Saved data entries
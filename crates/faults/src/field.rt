// One field by itself, and the rules over two.
ghost use Rattle.std.specs.Prelude.{◌≡◌, Result, ⊤};
ghost use Rattle.laws.specs.Lists.{all};
ghost use Rattle.faults.specs.Field.{is_character, alone, digits_alone, date_alone, code_alone, kind_alone, correction_code_alone, mark_alone, nothing_alone, allowed, is_range, is_return, is_named, objects};

use crate::cause::Cause;
use fields::code::Code;
use fields::correction_code::CorrectionCode;
use fields::kind::Kind;
use fields::number::{Digits, Number};

// A character of 4.4.1.
#[tactic(auto, unfolding(crate::specs::Field::is_character))]
fn is_character(b: u8) -> bool
    ensures { result ≡ is_character b }
{
    matches!(b, b'\t' | b'\n' | b'\r' | b' '..=b'~' | 192..=255)
}

fn are_characters(f: &[u8]) -> bool
    ensures { result ≡ all is_character f.now }
{
    f.iter().all(|&b| is_character(b))
}

// The causes in their order, for a field whose length and value were looked at.
#[tactic(auto, unfolding(crate::specs::Field::alone))]
fn alone(
    f: &[u8],
    empty: Result<(), Cause>,
    long: bool,
    good: bool,
    cause: Cause,
) -> Result<(), Cause>
    ensures { result ≡ alone empty long good cause f.now }
{
    if !are_characters(f) {
        return Err(Cause::Character);
    }
    if f.is_empty() {
        return empty;
    }
    if !long {
        return Err(Cause::Length);
    }
    if !good {
        return Err(cause);
    }
    Ok(())
}

#[tactic(auto, unfolding(crate::specs::Field::digits_alone))]
pub(crate) fn digits_alone(f: &[u8], empty: Result<(), Cause>) -> Result<(), Cause>
    ensures { result ≡ digits_alone empty f.now }
{
    alone(
        f,
        empty,
        f.len() <= 11,
        Digits::read(f).is_some(),
        Cause::Value,
    )
}

#[tactic(auto, unfolding(crate::specs::Field::date_alone))]
pub(crate) fn date_alone(f: &[u8], empty: Result<(), Cause>) -> Result<(), Cause>
    ensures { result ≡ date_alone empty f.now }
{
    alone(
        f,
        empty,
        f.len() == 8,
        fields::date::read(f).is_some(),
        Cause::Date,
    )
}

#[tactic(auto, unfolding(crate::specs::Field::code_alone))]
pub(crate) fn code_alone(f: &[u8], empty: Result<(), Cause>) -> Result<(), Cause>
    ensures { result ≡ code_alone empty f.now }
{
    alone(f, empty, f.len() == 4, Code::read(f).is_some(), Cause::Code)
}

#[tactic(auto, unfolding(crate::specs::Field::kind_alone))]
pub(crate) fn kind_alone(f: &[u8], empty: Result<(), Cause>) -> Result<(), Cause>
    ensures { result ≡ kind_alone empty f.now }
{
    alone(
        f,
        empty,
        f.len() == 1,
        Kind::read(f).is_some(),
        Cause::Value,
    )
}

#[tactic(auto, unfolding(crate::specs::Field::correction_code_alone))]
pub(crate) fn correction_code_alone(f: &[u8]) -> Result<(), Cause>
    ensures { result ≡ correction_code_alone f.now }
{
    alone(
        f,
        Err(Cause::Length),
        f.len() == 4,
        CorrectionCode::read(f).is_some(),
        Cause::Value,
    )
}

// A letter and a colon.
#[tactic(auto, unfolding(crate::specs::Field::mark_alone))]
pub(crate) fn mark_alone(f: &[u8], letter: u8) -> Result<(), Cause>
    ensures { result ≡ mark_alone letter f.now }
{
    let good = records::closing::same(f, &[letter, b':']);
    alone(f, Err(Cause::Length), f.len() == 2, good, Cause::Value)
}

#[tactic(auto, unfolding(crate::specs::Field::nothing_alone))]
pub(crate) fn nothing_alone(f: &[u8]) -> Result<(), Cause>
    ensures { result ≡ nothing_alone f.now }
{
    alone(f, Ok(()), false, false, Cause::Length)
}

// A field that is right by itself may still break a rule over two.
pub(crate) fn allowed(itself: Result<(), Cause>, rule: bool) -> Result<(), Cause>
    ensures { result ≡ allowed itself rule }
{
    itself?;
    if rule { Ok(()) } else { Err(Cause::Value) }
}

// The second number field beside the first.
#[tactic(auto, unfolding(crate::specs::Field::is_range))]
pub(crate) fn is_range(a: &[u8], b: &[u8]) -> bool
    ensures { result ≡ is_range a.now b.now }
{
    Digits::read(a).is_some_and(|first| Number::read(first, b).is_some())
}

fn is_return(k: Kind) -> bool
    ensures { result ≡ is_return k }
{
    matches!(k, Kind::Z)
}

// Only a Z may leave the gaining network out.
#[tactic(auto, unfolding(crate::specs::Field::is_named))]
pub(crate) fn is_named(gaining: &[u8], status: &[u8]) -> bool
    ensures { result ≡ is_named gaining.now status.now }
{
    !gaining.is_empty() || Kind::read(status).is_some_and(is_return)
}

// The code of an objection.
#[tactic(auto, unfolding(crate::specs::Field::objects))]
pub(crate) fn objects(code: &[u8]) -> bool
    ensures { result ≡ objects code.now }
{
    CorrectionCode::read(code).is_some_and(CorrectionCode::is_objection)
}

**What you are asked to do**:
Set the entries down again exactly, beginning with their first line and ending with the line that contains "#[tactic(auto, unfolding(crate::specs::Field::date_alone))]"; omit all other lines.

**Output of the task**:
filename crates/faults/src/field.rt
// One field by itself, and the rules over two.
ghost use Rattle.std.specs.Prelude.{◌≡◌, Result, ⊤};
ghost use Rattle.laws.specs.Lists.{all};
ghost use Rattle.faults.specs.Field.{is_character, alone, digits_alone, date_alone, code_alone, kind_alone, correction_code_alone, mark_alone, nothing_alone, allowed, is_range, is_return, is_named, objects};

use crate::cause::Cause;
use fields::code::Code;
use fields::correction_code::CorrectionCode;
use fields::kind::Kind;
use fields::number::{Digits, Number};

// A character of 4.4.1.
#[tactic(auto, unfolding(crate::specs::Field::is_character))]
fn is_character(b: u8) -> bool
    ensures { result ≡ is_character b }
{
    matches!(b, b'\t' | b'\n' | b'\r' | b' '..=b'~' | 192..=255)
}

fn are_characters(f: &[u8]) -> bool
    ensures { result ≡ all is_character f.now }
{
    f.iter().all(|&b| is_character(b))
}

// The causes in their order, for a field whose length and value were looked at.
#[tactic(auto, unfolding(crate::specs::Field::alone))]
fn alone(
    f: &[u8],
    empty: Result<(), Cause>,
    long: bool,
    good: bool,
    cause: Cause,
) -> Result<(), Cause>
    ensures { result ≡ alone empty long good cause f.now }
{
    if !are_characters(f) {
        return Err(Cause::Character);
    }
    if f.is_empty() {
        return empty;
    }
    if !long {
        return Err(Cause::Length);
    }
    if !good {
        return Err(cause);
    }
    Ok(())
}

#[tactic(auto, unfolding(crate::specs::Field::digits_alone))]
pub(crate) fn digits_alone(f: &[u8], empty: Result<(), Cause>) -> Result<(), Cause>
    ensures { result ≡ digits_alone empty f.now }
{
    alone(
        f,
        empty,
        f.len() <= 11,
        Digits::read(f).is_some(),
        Cause::Value,
    )
}

#[tactic(auto, unfolding(crate::specs::Field::date_alone))]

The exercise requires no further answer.